Il codice che restituisce lo controlli con quello che ti viene fornito.

----------

## shev

 *innovatel wrote:*   

> la iso l'ho scaricata...

 

E fin qui ok   :Laughing: 

 *Quote:*   

> scompattata

 

Qui va già meno bene. Una iso è un'immagine tratta da un cd, non va scompattata ma semplicemente masterizzata su un cd (e non come un normale file di dati). Ora, tu mi pare di capire hai scaricato la tua immagine da qui. A questo punto se vuoi masterizzarla tramite Nero in windows (o altro programma, non so che usi), devi cercare nel menu File (vado a memoria, è una vita che non lo uso) la voce "scrivi immagine" (o simile). Scegli la iso che hai scaricato nella finestra che ti darà e procedi seguendo le istruzioni (i valori di default andranno bene). Non masterizzarla come un file normale, non scompattarla (non è da scompattare, non è un archivio compresso, è già pronta così). In rete cmq trovi qualche guida per masterizzare iso in windows.

 *Quote:*   

> l'md5 come lo si controlla?

 

Semplice. Procurati un qualsiasi eseguibile che calcoli il digest md5 (per windows ne trovi uno qui, ma ce ne sono mille altri, puoi scrivertelo anche da te), quindi da il comando "md5sum path/tua/immagine/nome_immagine.iso e confronta la stringa che ti da in output (ci metterà un po' a calcolarla, lascialo fare) con quella che trovi nel file md5 che trovi dove hai scaricato la tua iso. Se sono uguali allora l'immagine è integra, in caso contrario va riscaricata perchè qualcosa non va.

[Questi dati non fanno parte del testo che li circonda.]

//! What values take of memory: how many bytes a value has, and how many times the bytes that it was
//! read from a tree has.

use dbus_types::parse_single;
use dbus_unmarshal::get;
use dbus_value_model::{DictEntry, Got, Order, Value};
use std::alloc::{AllocError, Global};
use std::test::*;

// How many elements after the first an array has.
const COUNT: u32 = 1025;

// Trees take at most so many times the bytes that they are read from, if nothing is as dense as
// BYTEs in structs; and those of texts of ordinary length.
const MOST: usize = 48;

const ORDINARY: usize = 12;

// Eight BYTEs have the bytes of one struct, and the tree has a value for each of these nine.
const DENSE: usize = 64;

// A struct has no bytes of its own: 32 structs, one within the other, stand over the 8 bytes of
// one.
const NESTED: usize = 240;

// An array: its signature; the padding after its length; its first element; each other one, with
// the padding before it; and how many times its bytes its tree takes at most.
type Shape = (
    &'static str,
    &'static [u8],
    &'static [u8],
    &'static [u8],
    usize,
);

const SHAPES: &[Shape] = &[
    (
        "aaa(ayayayayayayayayayayayayayayayayayayayayayayayayayayayayayayayayayayayayayayayayayayayayayayayayayayayayayayayayayayayayayayayayayayayayayayayayayayayayayayayayayayayayayayayayayayayayayayayayayayayayayayayayayayayayayayayayayayayayayayayayayayayay)",
        b"",
        b"\0\0\0\0",
        b"\0\0\0\0",
        MOST,
    ),
    (
        "aa(yyyyyyyyyyyyyyyyyyyyyyyyyyyyyyyyyyyyyyyyyyyyyyyyyyyyyyyyyyyyyyyyyyyyyyyyyyyyyyyyyyyyyyyyyyyyyyyyyyyyyyyyyyyyyyyyyyyyyyyyyyyyyyyyyyyyyyyyyyyyyyyyyyyyyyyyyyyyyyyyyyyyyyyyyyyyyyyyyyyyyyyyyyyyyyyyyyyyyyyyyyyyyyyyyyyyyyyyyyyyyyyyyyyyyyyyyyyyyyyyyyyyyyyyyy)",
        b"",
        b"\0\0\0\0",
        b"\0\0\0\0\0\0\0\0",
        MOST,
    ),
    (
        "aaaaaaaaaaaaaaaaaaaaaaaaaaaaaaaau",
        b"",
        b"\x7c\0\0\0x\0\0\0t\0\0\0p\0\0\0l\0\0\0h\0\0\0d\0\0\0\x60\0\0\0\x5c\0\0\0\x58\0\0\0\x54\0\0\0\x50\0\0\0\x4c\0\0\0\x48\0\0\0\x44\0\0\0\x40\0\0\0\x3c\0\0\0\x38\0\0\0\x34\0\0\0\x30\0\0\0\x2c\0\0\0\x28\0\0\0\x24\0\0\0\x20\0\0\0\x1c\0\0\0\x18\0\0\0\x14\0\0\0\x10\0\0\0\x0c\0\0\0\x08\0\0\0\x04\0\0\0\x01\0\0\0",
        b"",
        MOST,
    ),
    (
        "a(yy)",
        b"\0\0\0\0",
        b"\x01\x02",
        b"\0\0\0\0\0\0\x01\x02",
        MOST,
    ),
    (
        "a{yy}",
        b"\0\0\0\0",
        b"\x01\x02",
        b"\0\0\0\0\0\0\x01\x02",
        MOST,
    ),
    ("av", b"", b"\x01y\0\x07", b"\x01y\0\x07", MOST),
    (
        "aav",
        b"",
        b"\x04\0\0\0\x01y\0\x07",
        b"\x04\0\0\0\x01y\0\x07",
        MOST,
    ),
    ("ag", b"", b"\0\0", b"\0\0", MOST),
    ("aau", b"", b"\0\0\0\0", b"\0\0\0\0", MOST),
    ("as", b"", b"\x03\0\0\0abc\0", b"\x03\0\0\0abc\0", MOST),
    (
        "a{ss}",
        b"\0\0\0\0",
        b"\x03\0\0\0abc\0\x03\0\0\0def\0",
        b"\x03\0\0\0abc\0\x03\0\0\0def\0",
        MOST,
    ),
    (
        "a(yyyyyyyy)",
        b"\0\0\0\0",
        b"\x01\x02\x03\x04\x05\x06\x07\x08",
        b"\x01\x02\x03\x04\x05\x06\x07\x08",
        DENSE,
    ),
    (
        "a((((((((((((((((((((((((((((((((y))))))))))))))))))))))))))))))))",
        b"\0\0\0\0",
        b"\x01",
        b"\0\0\0\0\0\0\0\x01",
        NESTED,
    ),
    ("ay", b"", b"\x07", b"\x07", 1),
    ("au", b"", b"\x07\0\0\0", b"\x07\0\0\0", 14),
    (
        "as",
        b"",
        b"\x08\0\0\0abcdefgh\0",
        b"\0\0\0\x08\0\0\0abcdefgh\0",
        ORDINARY,
    ),
    (
        "as",
        b"",
        b"\x0e\0\0\0abcdefghijklmn\0",
        b"\0\x0e\0\0\0abcdefghijklmn\0",
        ORDINARY,
    ),
    (
        "as",
        b"",
        b"\x14\0\0\0abcdefghijklmnopqrst\0",
        b"\0\0\0\x14\0\0\0abcdefghijklmnopqrst\0",
        ORDINARY,
    ),
    (
        "a{ss}",
        b"\0\0\0\0",
        b"\x08\0\0\0abcdefgh\0\0\0\0\x0b\0\0\0abcdefghijk\0",
        b"\x08\0\0\0abcdefgh\0\0\0\0\x0b\0\0\0abcdefghijk\0",
        ORDINARY,
    ),
    (
        "a{sv}",
        b"\0\0\0\0",
        b"\x0a\0\0\0abcdefghij\0\x01s\0\0\0\x09\0\0\0abcdefghi\0",
        b"\0\0\0\0\0\0\x0a\0\0\0abcdefghij\0\x01s\0\0\0\x09\0\0\0abcdefghi\0",
        ORDINARY,
    ),
    (
        "a{sv}",
        b"\0\0\0\0",
        b"\x10\0\0\0abcdefghijklmnop\0\x01u\0\x07\0\0\0",
        b"\0\0\0\0\x10\0\0\0abcdefghijklmnop\0\x01u\0\x07\0\0\0",
        ORDINARY,
    ),
];

// The bytes of an array, in little order.
fn spelled(alloc: Global, shape: &Shape) -> Result<Vec<u8>, AllocError> {
    let (_, gap, first, other, _) = *shape;
    let mut contents = Vec::from_slice(alloc, first)?;
    for _ in 0..COUNT {
        contents.extend_from_slice(other)?;
    }
    let length = (contents.len() as u64).to_le_bytes();
    let mut bytes = Vec::from_slice(alloc, &length[..4])?;
    bytes.extend_from_slice(gap)?;
    bytes.extend_from_slice(&contents)?;
    Ok(bytes)
}

// What a value has besides its own bytes. Types are shared, and not counted.
#[cycle(held)]
fn held(value: &Value) -> usize {
    match value {
        Value::Str(text) | Value::Path(text) | Value::Sig(text) => text.capacity(),
        Value::Bytes(bytes) => bytes.capacity(),
        Value::Array(_, items) => held_by_all(items),
        Value::Struct(fields) => held_by_all(fields),
        Value::Entry(entry) => size_of::<DictEntry>()
            .saturating_add(held(&entry.key))
            .saturating_add(held(&entry.value)),
        Value::Variant(inner) => size_of::<Value>().saturating_add(held(inner)),
        _ => 0,
    }
}

#[cycle(held)]
fn held_by_all(values: &Vec<Value>) -> usize {
    let mut sum = values.capacity().saturating_mul(size_of::<Value>());
    for value in values {
        sum = sum.saturating_add(held(value));
    }
    sum
}

// What the tree of an array takes that has these bytes, or nothing if they are no such array.
fn taken(alloc: Global, signature: &str, bytes: &[u8]) -> Option<usize> {
    let Ok(wanted) = parse_single(alloc, signature.as_bytes()) else {
        return None;
    };
    match get(alloc, bytes, 0, bytes.len(), Order::Little, &wanted, 0) {
        Ok(Got::Done(value, _)) => Some(held(&value)),
        _ => None,
    }
}

// Whether the tree of an array takes as much at most as its row says.
fn is_within(alloc: Global, shape: &Shape) -> Result<bool, AllocError> {
    let bytes = spelled(alloc, shape)?;
    match taken(alloc, shape.0, &bytes) {
        Some(taken) => Ok(taken <= bytes.len().saturating_mul(shape.4)),
        None => Ok(false),
    }
}

#[test]
fn a_value_has_56_bytes(rt: HostRuntime) {
    assert!(rt; size_of::<Value>() == 56 && size_of::<DictEntry>() == 112);
}

#[test]
fn trees_of_arrays(rt: HostRuntime) -> Result<(), Fail> {
    for (n, shape) in SHAPES.iter().enumerate() {
        assert!(rt; is_within(rt.alloc(), shape)?, "at {n}");
    }
    Ok(())
}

Se non hai chiaro qualcosa chiedi pure  :Wink: 

EDIT: scusate la risposta doppia già data da altri, ma quando ho cominciato a scrivere nessuno aveva ancora risposto  :Razz: Last edited by shev on Mon Jul 28, 2003 9:24 am; edited 1 time in total

----------

## innovatel

 *Dani Tsevech wrote:*   

> inno! Che mi combini? Mi scompatti le iso? Si masterizzano usando l'opzione scrivi cd da immagine, non devi scomprimerle   C'è anche nel thread in rilievo sul forum di html.it  

 

ecco il perchè  :Very Happy: 

sta sera ci riprovo ... promesso  :Smile: 

ora sono @ work ... che sfiga  :Very Happy: 

grazie cerri, mi hai imparato una cosa nuova  :Smile: 

----------

## cerri

 *innovatel wrote:*   

> grazie cerri, mi hai imparato una cosa nuova 

 

insegnato, cosi' sono due  :Very Happy:   :Very Happy:   :Very Happy: 

----------

## Dani Tsevech

 *cerri wrote:*   

>  *innovatel wrote:*   grazie cerri, mi hai imparato una cosa nuova  
> 
> insegnato, cosi' sono due   

 

LOL   :Laughing:   :Laughing: 

----------

## innovatel

 *cerri wrote:*   

> insegnato, cosi' sono due   

 

no no ... si dice imparato  :Very Happy: 

----------

## innovatel

Vi aggiorno per la cronaca

1) iso riscaricata (l'ho persa sul pc :fagiano: )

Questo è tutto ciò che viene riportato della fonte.